Resistance has stiffened under the new government of populist Prime Minister Imran Khan, who has voiced alarm about rising debt levels and says the country must wean itself off foreign loans.


“We are seeing how to develop a model so the government of Pakistan wouldn’t have all the risk,” Khusro Bakhtyar, minister in Pakistan’s planning ministry, told reporters recently.


The cooling of enthusiasm for China’s investments mirrors the unease of incoming governments in Sri Lanka, Malaysia and Maldives, where new administrations have come to power wary of Chinese deals struck by their predecessors.


Pakistan’s new government had wanted to review all BRI contracts. Officials say there are concerns the deals were badly negotiated, too expensive or overly favoured China.


But to Islamabad’s frustration, Beijing is only willing to review projects that have not yet begun, senior government officials said.


China’s Foreign Ministry said that both sides were committed to pressing forward with BRI projects, “to ensure those projects that are already built operate as normal, and those which are being built proceed smoothly”.

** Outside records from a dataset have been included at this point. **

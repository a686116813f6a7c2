//! Matrices and complexes over the residues modulo 31, with answers worked by hand.

use crate::samples::residues;
use hp_algebra::{List, NoMem};
use hp_complex::{Complex, Mat};
use hp_modp::{Gf, P31};
use std::alloc::{AllocError, Global};
use std::process::Abort;
use std::test::Fail;

type K = Gf<P31>;

/// The matrix of these rows, each of so many entries.
fn matrix(
    rt: &impl Abort,
    alloc: Global,
    cols: usize,
    entries: &[&[i64]],
) -> Result<Mat<K>, AllocError> {
    let mut rows = Vec::new(alloc);
    for row in residues(alloc, entries)? {
        rows.push(List::of(row))?;
    }
    assert!(rt; rows.iter().all(|row| row.as_slice().len() == cols));
    Ok(Mat::new(cols, rows))
}

/// The complex of these maps.
fn complex(rt: &impl Abort, maps: Vec<Mat<K>>) -> Complex<K> {
    for k in 1..maps.len() {
        assert!(rt; maps[k].cols() == maps[k - 1].rows());
    }
    Complex::new(maps)
}

/// Whether each of these maps times the one before it is zero. A map is given by its columns and its rows.
fn composes(rt: &impl Abort, alloc: Global, maps: &[(usize, &[&[i64]])]) -> Result<bool, NoMem> {
    let mut made = Vec::new(alloc);
    for (cols, rows) in maps {
        made.push(matrix(rt, alloc, *cols, rows)?)?;
    }
    complex(rt, made).compose_is_zero(alloc)
}

#[test]
fn composites(rt: HostRuntime) -> Result<(), Fail> {
    let alloc = rt.alloc();
    let table: [(&[(usize, &[&[i64]])], bool); 8] = [
        (&[], true),
        (&[(2, &[&[1, 2]])], true),
        // The Koszul complexes of (2, 3) and of (2, 3, 5).
        (&[(1, &[&[2], &[3]]), (2, &[&[3, -2]])], true),
        (
            &[
                (1, &[&[2], &[3], &[5]]),
                (3, &[&[-3, 2, 0], &[-5, 0, 2], &[0, -5, 3]]),
                (3, &[&[5, -3, 2]]),
            ],
            true,
        ),
        // One sign of the last map changed.
        (
            &[
                (1, &[&[2], &[3], &[5]]),
                (3, &[&[-3, 2, 0], &[-5, 0, 2], &[0, -5, 3]]),
                (3, &[&[5, 3, 2]]),
            ],
            false,
        ),
        // Two square matrices, of which the product is zero in one order alone.
        (&[(2, &[&[0, 0], &[0, 1]]), (2, &[&[1, 0], &[1, 0]])], true),
        (&[(2, &[&[1, 0], &[1, 0]]), (2, &[&[0, 0], &[0, 1]])], false),
        (&[(0, &[&[], &[]]), (2, &[&[1, 7]])], true),
    ];
    for (maps, answer) in table {
        assert_eq!(rt; composes(&rt, alloc, maps)?, answer);
    }
    Ok(())
}

#[test]
fn parts(rt: HostRuntime) -> Result<(), Fail> {
    let alloc = rt.alloc();
    let mut maps = Vec::new(alloc);
    maps.push(matrix(&rt, alloc, 1, &[&[2], &[3]])?)?;
    maps.push(matrix(&rt, alloc, 2, &[&[3, -2]])?)?;
    let complex = complex(&rt, maps);
    assert_eq!(rt; complex.len(), 2);
    let last = complex.map(1);
    assert_eq!(rt; last.rows(), 1);
    assert_eq!(rt; last.cols(), 2);
    assert_eq!(rt; last.row(0)[1].residue(), 29);
    Ok(())
}
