//! The exterior algebra over the residues modulo 31, with sums and boundaries worked by hand.

use hp_algebra::{NoMem, Ring};
use hp_exterior::Ext;
use hp_modp::{Gf, P31};
use hp_sets::HSet;
use std::alloc::Global;
use std::test::Fail;

type K = Gf<P31>;

/// a e_1 e_2 + b e_3.
fn element(alloc: Global, a: K, b: K) -> Result<Ext<K>, NoMem> {
    let mut terms = Vec::new(alloc);
    terms.push((HSet::first(2), a))?;
    terms.push((HSet::single(3), b))?;
    Ext::from_terms(alloc, terms)
}

/// The boundary of e_1 e_2 is e_2 - e_1, and that of e_3 is 1.
#[test]
fn sums_and_boundaries(rt: HostRuntime) -> Result<(), Fail> {
    let alloc = rt.alloc();
    let x = element(alloc, K::new(1), K::new(2))?;
    assert_eq!(rt; x.len(), 2);
    assert_eq!(rt; x.coeff(HSet::first(2)).residue(), 1);
    let copy = x.copy(alloc)?;
    assert!(rt; x.equal(&copy));
    let boundary = x.boundary(alloc)?;
    assert_eq!(rt; boundary.len(), 3);
    assert_eq!(rt; boundary.coeff(HSet::single(1)).residue(), 30);
    assert_eq!(rt; boundary.coeff(HSet::single(2)).residue(), 1);
    assert_eq!(rt; boundary.coeff(HSet::empty()).residue(), 2);
    let second = Ext::<K>::generator(alloc, 2)?;
    assert_eq!(rt; second.coeff(HSet::single(2)).residue(), 1);
    assert!(rt; x.add(alloc, &x.neg(alloc)?)?.is_zero());
    Ok(())
}

/// (e_1 e_2 + e_3)(e_1 + e_3) is e_1 e_2 e_3 - e_1 e_3.
#[test]
fn products(rt: HostRuntime) -> Result<(), Fail> {
    let alloc = rt.alloc();
    let x = element(alloc, K::new(1), K::new(1))?;
    let first = Ext::<K>::generator(alloc, 1)?;
    let third = Ext::<K>::generator(alloc, 3)?;
    let y = first.add(alloc, &third)?;
    let product = x.mul(alloc, &y)?;
    assert_eq!(rt; product.len(), 2);
    assert_eq!(rt; product.coeff(HSet::first(3)).residue(), 1);
    assert_eq!(rt; product.coeff(HSet::single(1).with(3)).residue(), 30);
    assert!(rt; y.mul(alloc, &y)?.is_zero());
    assert!(rt; x.equal(&Ext::one(alloc)?.mul(alloc, &x)?));
    Ok(())
}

Pakistani officials say they remain committed to Chinese investment but want to push harder on price and affordability, while re-orientating the China-Pakistan Economic Corridor (CPEC) — for which Beijing has pledged about $60 billion in infrastructure funds — to focus on projects that deliver social development in line with Khan’s election platform.


China’s Ambassador to Pakistan, Yao Jing, said that Beijing was open to changes proposed by the new government and “we will definitely follow their agenda” to work out a roadmap for BRI projects based on “mutual consultation”.


“It constitutes a process of discussion with each other about this kind of model, about this kind of roadmap for the future,” Yao said.


Beijing would only proceed with projects that Pakistan wanted, he added. “This is Pakistan’s economy, this is their society,” Yao said.


Islamabad’s efforts to recalibrate CPEC are made trickier by its dependence on Chinese loans to prop up its vulnerable economy.


Growing fissures in relations with Pakistan’s historic ally the United States have also weakened the country’s negotiating hand, as has a current account crisis likely to lead to a bailout by the International Monetary Fund, which may demand spending cuts.


“We have reservations, but no other country is investing in Pakistan. What can we do?” one Pakistani minister said. — Reuters.